If customers take too long to pay BNPL installments, they can be turned over to a debt collector, which can seriously hurt their credit score, noted Martha Callahan, a certified financial planner with FBB Capital Partners.

“Especially if they start using the buy now pay later feature across multiple purchases, I can see the purchases stacking or snowballing so that on the other end of it, they’re still having cash flow challenges to pay it on time,” she said.

And the people who use BNPL are typically the types of consumers to face these issues. One study this year by the US Consumer Financial Protection Bureau found that, on average, BNPL borrowers had more debt and delinquencies on their credit products as well as less liquidity and lower savings.

Another note: If credit bureaus include BNPL information on consumer credit reports in the future, the balances could pollute someone’s credit score by lowering the average age of their accounts, which in turn lowers their credit score, John Ulzheimer, a credit specialist who previously worked for Equifax and FICO score creator Fair Isaac Corp., told Quartz.
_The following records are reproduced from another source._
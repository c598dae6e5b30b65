ghost use Rattle.std.specs.Prelude.{◌≡◌, ◌-◌, [], ◌∷◌, ◌++◌, length, take, slice_get, OnOk, OnErr};
ghost use Rattle.std.specs.Option.{option_copied};
ghost use Rattle.cert_check.specs.Uses.{SameBut};

use cert_kit::PRow;
use mm_poly::Poly;
use std::alloc::{AllocError, Global};
use std::marker::Model;

/// The rows so far: those that were given, and those that steps appended.
#[derive(Drop)]
pub struct Rows<'a> {
    given: &'a [PRow],
    more: Vec<PRow>,
}

impl<'a> Model for Rows<'a> {
    ghost use Rattle.std.specs.Prelude.{List, ◌++◌};
    ghost use Rattle.cert_kit.specs.declared.row.PRow.{PRow};

    ghost Value = { List PRow };

    ghost view = { λ r. r.given.now ++ r.more.items };
}

impl<'a> Rows<'a> {
    /// The given rows alone.
    pub fn new(alloc: Global, given: &'a [PRow]) -> Rows<'a>
        ensures { result ≡ given.now }
    {
        Rows {
            given,
            more: Vec::new(alloc),
        }
    }

    /// The row of this number, from 0.
    pub fn get(&self, n: usize) -> Option<&PRow>
        ensures { option_copied result ≡ slice_get self.now n }
    {
        let given = self.given.len();
        if n < given {
            Some(&self.given[n])
        } else {
            self.more.get(n - given)
        }
    }

    /// The last row.
    pub fn last(&self) -> Option<&PRow>
        ensures { option_copied result ≡ slice_get self.now (length self.now - 1) }
    {
        self.more.last().or(self.given.last())
    }

    /// How many rows there are.
    pub fn len(&self) -> usize
        ensures { result ≡ length self.now }
    {
        self.given.len() + self.more.len()
    }

    /// The first rows alone.
    pub fn truncate(&mut self, len: usize)
        ensures { self.new ≡ take len self.old }
    {
        let given = self.given.len();
        if len < given {
            self.given = &self.given[..len];
            self.more.clear();
        } else {
            self.more.truncate(len - given);
        }
    }

    /// One more row at the end.
    pub fn push(&mut self, row: PRow) -> Result<(), AllocError>
        ensures ok { OnOk result (self.new ≡ self.old ++ row ∷ []) }
        ensures err { OnErr result (self.new ≡ self.old) }
    {
        self.more.push(row)?;
        Ok(())
    }

    /// Lets go of the polynomial of a row that isn't one of the given ones. Its place stays.
    pub fn let_go(&mut self, alloc: Global, n: usize) -> Result<(), AllocError>
        ensures { OnOk result (SameBut n self.old self.new) }
    {
        let given = self.given.len();
        if n < given || n - given >= self.more.len() {
            return Ok(());
        }
        self.more[n - given].poly = Poly::constant(alloc, 0)?;
        Ok(())
    }
}
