ghost use Rattle.std.specs.Prelude.{◌≡◌, IfOk};
ghost use Rattle.cert_kit.specs.FirstFault.{walk};
ghost use Rattle.cert_check.specs.Checking.{Gives, CoversRow};

use crate::fail::CheckFail;
use crate::node::{
    constant_node, multiple_node, product_node, row_node, square_node, sum_node, zero_node,
};
use crate::rows::Rows;
use crate::walked::Walked;
use cert_kit::Psatz;
use sqlite_items::Boxed;
use std::alloc::Global;

/// The row that an expression means with its bounds, or its first fault. Nodes stand on the heap, so that deep
/// expressions take little of the stack.
pub fn walk_through<'a>(
    alloc: Global,
    rows: &'a Rows<'_>,
    e: &Psatz,
) -> Result<Boxed<Walked<'a>>, CheckFail>
    ensures gives { Gives result (walk e.now rows.now) }
    ensures covers { IfOk result CoversRow }
{
    match e {
        Psatz::Hyp(n) => row_node(alloc, rows, *n),
        Psatz::Square(poly) => square_node(alloc, poly),
        Psatz::MulPoly(poly, part) => {
            let part = walk_through(alloc, rows, part.get())?;
            multiple_node(alloc, poly, part.get())
        }
        Psatz::Mul(first, second) => {
            let first = walk_through(alloc, rows, first.get())?;
            let second = walk_through(alloc, rows, second.get())?;
            product_node(alloc, first.get(), second.get())
        }
        Psatz::Add(first, second) => {
            let first = walk_through(alloc, rows, first.get())?;
            let second = walk_through(alloc, rows, second.get())?;
            sum_node(alloc, first.into_inner(), second.into_inner())
        }
        Psatz::Const(c) => constant_node(alloc, *c),
        Psatz::Zero => zero_node(alloc),
    }
}
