//! How a maker proves that a certificate is good.

ghost use Rattle.cert_kit.specs.Acceptance.{IsGood};
ghost use Rattle.cert_check.specs.Example.{two_rows, three_step_certificate};

use cert_kit::{closes_are_good, meanings, measures, steps_make_rows};

/// A certificate of three steps is good by the laws for makers alone: what each expression means and how large it is, that
/// steps make rows, and that a false last row ends them.
pub fn three_steps_are_good()
    ensures { IsGood two_rows three_step_certificate }
{
    meanings();
    measures();
    steps_make_rows();
    closes_are_good();
}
“Every time you add something new to your credit report, you reduce the average age of your accounts,” said Ulzheimer. “If you have so many brand new accounts on your credit report, it’s going to take a long time for those to age to a point where they’re not problematic any longer.”

Tips for building credit

At the end of the day, experts say the best ways to build credit are simple: use a credit card and budget.

“A credit card can be a great way to build credit if you implement it the right way, which means paying the balance off every month so that you’re not being charged interest,” said Callahan. “Stick to your budget so that you don’t have cashflow challenges in the future.”

If customers use BNPL, “don’t allow the attractiveness of how you’re going to pay outweigh the fact that you want to be prudent with your money and make sure that you’re not overextending,” said Anders.